● **WHAT THIS TASK INVOLVES**
All that is wanted is a word-for-word copy of the data from its first line to the line containing "about a count.", both included.

● **INFORMATION PROVIDED**
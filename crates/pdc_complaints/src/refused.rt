//! The line about a sender that is not what the settings say.

use crate::complaint::Complaint;
use crate::expected::Expected;
use crate::whose::Of;
use pdc_life::Refusal;
use std::alloc::{AllocError, Global};
use std::fmt;

/// What to do about a count.
const RAISE: &str = "raise the count at the sender";

/// What came, and what was expected.
impl fmt::Display for Complaint {
    fn fmt<W: fmt::Write>(&self, f: &mut fmt::Formatter<W>) -> fmt::Result {
        match self {
            Complaint::OtherStream { came, expected } => {
                write!(f, "frames of stream {came}, and {expected} is expected")
            }
            Complaint::OtherTimeBase { came, expected } => write!(
                f,
                "{came} counts of FRACSEC a second, {expected} in the settings"
            ),
            Complaint::OtherRate { came, expected } => {
                if *came > 0 {
                    write!(f, "{came} frames a second, {expected} in the settings")
                } else {
                    write!(f, "a DATA_RATE of {came}, {expected} in the settings")
                }
            }
            Complaint::OtherSource { came, expected } => {
                write!(f, "a section of {came}, {expected} in the settings")
            }
            Complaint::FloatFormat => {
                write!(f, "values in floating point, which are not supported")
            }
            Complaint::LowerCount { source, came, held } => {
                write!(
                    f,
                    "count {came} of {source}, and {held} came before: {RAISE}"
                )
            }
            Complaint::StaleCount { came: Some(came) } => {
                write!(f, "count {came}, and a greater one came before: {RAISE}")
            }
            Complaint::StaleCount { came: None } => {
                write!(f, "a lower count than one before: {RAISE}")
            }
            Complaint::SameCount { count: Some(count) } => {
                write!(f, "another one has count {count}: {RAISE}")
            }
            Complaint::SameCount { count: None } => {
                write!(f, "another one of a PMU has the same count: {RAISE}")
            }
            Complaint::OtherNode { came, expected } => {
                write!(f, "a layout of {came}, {expected} in the settings")
            }
            Complaint::NoOwnSection => write!(f, "its first section is not one of a node"),
            Complaint::OtherPmu { came } => {
                write!(
                    f,
                    "a section of {came}, which is not in the settings, or not in their order"
                )
            }
        }
    }
}

/// Appends the sources of the settings to the line about one that is not among them.
fn append_sources(alloc: Global, text: &mut String, sources: &[u16]) -> Result<(), AllocError> {
    let mut before = ": they have";
    for source in sources {
        let more = format!(in alloc; "{before} {source}")?;
        text.push_str(more.as_str())?;
        before = ",";
    }
    Ok(())
}

/// The line about frames of another stream.
fn stream_text(
    alloc: Global,
    of: Of,
    expected: &Expected,
    complaint: Complaint,
) -> Result<String, AllocError> {
    let (port, cause) = (expected.port, Refusal::WrongId.text());
    if port == 0 {
        format!(in alloc; "{of}: {complaint} ({cause})")
    } else {
        format!(in alloc; "port {port}: {complaint} ({cause})")
    }
}

/// The line about a sender whose frames are refused by this cause, for what is wrong with it.
///
/// # Errors
///
/// [`AllocError`] where there is no memory for it.
pub fn refused_text(
    alloc: Global,
    of: Of,
    expected: &Expected,
    cause: Refusal,
    complaint: Complaint,
) -> Result<String, AllocError> {
    if let Complaint::OtherStream { .. } = complaint {
        return stream_text(alloc, of, expected, complaint);
    }
    let cause = cause.text();
    let mut text = format!(in alloc; "{of}: its configuration was refused: {cause}, {complaint}")?;
    if let Complaint::OtherPmu { .. } = complaint {
        append_sources(alloc, &mut text, &expected.others)?;
    }
    if let Of::Pmu(_) = of {
        text.push_str("; its data is read by the one in force, if there is one")?;
    }
    Ok(text)
}
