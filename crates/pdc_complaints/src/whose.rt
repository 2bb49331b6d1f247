//! Whose stream is meant.

use std::fmt;

/// Whose stream it is.
#[derive(Clone, Copy, Debug, PartialEq, Eq)]
pub enum Of {
    /// Of the PMU with this stream id.
    Pmu(u16),
    /// Of the node with this id.
    Node(u16),
}

impl fmt::Display for Of {
    fn fmt<W: fmt::Write>(&self, f: &mut fmt::Formatter<W>) -> fmt::Result {
        match self {
            Of::Pmu(id) => write!(f, "PMU {id}"),
            Of::Node(id) => write!(f, "node {id}"),
        }
    }
}
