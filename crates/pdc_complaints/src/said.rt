//! What a datagram says of its sender.
ghost use Rattle.std.specs.Prelude.{◌≡◌, ◌≤◌, ◌+◌, ◌++◌, IfSome, None, length, map};
ghost use Rattle.pdc_life.specs.pdc_cfg.Config.{config_fields_of};
ghost use Rattle.pdc_life.specs.pdc_cfg.Section.{fields_of_view};
ghost use Rattle.pdc_complaints.specs.Said.{IsSaid, IsSaidIn, id_in, section_said};

use arrayvec::ArrayVec;
use pdc_life::{ConfigView, Kind, MAX_PMUS, SectionView, read_config, read_frame, read_word};

/// Where IDCODE stands in a frame (C37.118.2-2011, table 2).
const IDCODE: usize = 4;

/// What a configuration says of one PMU, or of the concentrator that sends it.
#[derive(Clone, Copy, Debug, Default)]
pub struct SaidSection {
    /// IDCODE, the id of the data's source.
    pub source: u16,
    /// CFGCNT, the configuration count.
    pub count: u16,
}

/// What a configuration says of its sender.
#[derive(Drop)]
pub struct SaidConfiguration {
    /// The counts of FRACSEC in a second.
    pub time_base: u32,
    /// DATA_RATE: above zero frames per second, below zero seconds per frame.
    pub rate: i16,
    /// The first section: a PMU's only one, or a concentrator's own.
    pub first: SaidSection,
    /// The sections behind it, at most 16.
    pub others: ArrayVec<SaidSection, MAX_PMUS>,
}

/// What a datagram says of its sender.
#[derive(Drop)]
pub struct Said {
    /// IDCODE; none where the bytes end before it.
    pub id: Option<u16>,
    /// Its configuration, where it is a CFG-2 frame that is whole.
    pub configuration: Option<SaidConfiguration>,
}

/// The id of the stream that bytes say they are of.
fn id_in(bytes: &[u8]) -> Option<u16>
    ensures { result ≡ id_in bytes.now }
{
    if bytes.len() < IDCODE + 2 {
        return None;
    }
    Some(read_word(bytes, IDCODE))
}

/// What a section says.
fn section_said(section: &SectionView<'_>) -> SaidSection
    ensures { result ≡ section_said (fields_of_view section.now) }
{
    SaidSection {
        source: section.source,
        count: section.count,
    }
}

/// Appends what these sections say.
fn append_sections(sections: &[SectionView<'_>], others: &mut ArrayVec<SaidSection, MAX_PMUS>)
    requires room { length others.old.items + length sections.now ≤ MAX_PMUS }
    ensures { others.new.items ≡ others.old.items ++
        map section_said (map fields_of_view sections.now) }
{
    if let Some((section, later)) = sections.split_first() {
        others.push(section_said(section));
        append_sections(later, others);
    }
}

/// What a configuration says of its sender. Each has a section, so there is always something.
fn configuration_said(config: &ConfigView<'_>) -> Option<SaidConfiguration>
    ensures { IfSome result (λ said. IsSaid said (config_fields_of config.now)) }
{
    let (first, later) = config.sections.as_slice().split_first()?;
    let mut others = ArrayVec::new();
    append_sections(later, &mut others);
    Some(SaidConfiguration {
        time_base: config.time_base,
        rate: config.rate,
        first: section_said(first),
        others,
    })
}

/// The configuration that bytes say; none where they are no CFG-2 frame that is whole.
fn configuration_in(bytes: &[u8]) -> Option<SaidConfiguration>
    ensures { IfSome result (IsSaidIn bytes.now) }
{
    let Ok(frame) = read_frame(bytes) else {
        return None;
    };
    if frame.kind != Kind::Cfg2 {
        return None;
    }
    match read_config(&frame) {
        Ok(config) => configuration_said(&config),
        Err(_) => None,
    }
}

impl Said {
    /// Nothing was said yet.
    pub fn nothing() -> Said
        ensures id { result.id ≡ None }
        ensures configuration { result.configuration ≡ None }
    {
        Said {
            id: None,
            configuration: None,
        }
    }

    /// What these bytes say. They are read for a configuration only where it is asked for: data has none.
    pub fn in_bytes(bytes: &[u8], has_configuration: bool) -> Said
        ensures id { result.id ≡ id_in bytes.now }
        ensures configuration { IfSome result.configuration (IsSaidIn bytes.now) }
    {
        Said {
            id: id_in(bytes),
            configuration: if has_configuration {
                configuration_in(bytes)
            } else {
                None
            },
        }
    }
}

● **TASK RESULT**
filename crates/pdc_complaints/src/refused.rt
//! The line about a sender that is not what the settings say.

use crate::complaint::Complaint;
use crate::expected::Expected;
use crate::whose::Of;
use pdc_life::Refusal;
use std::alloc::{AllocError, Global};
use std::fmt;

/// What to do about a count.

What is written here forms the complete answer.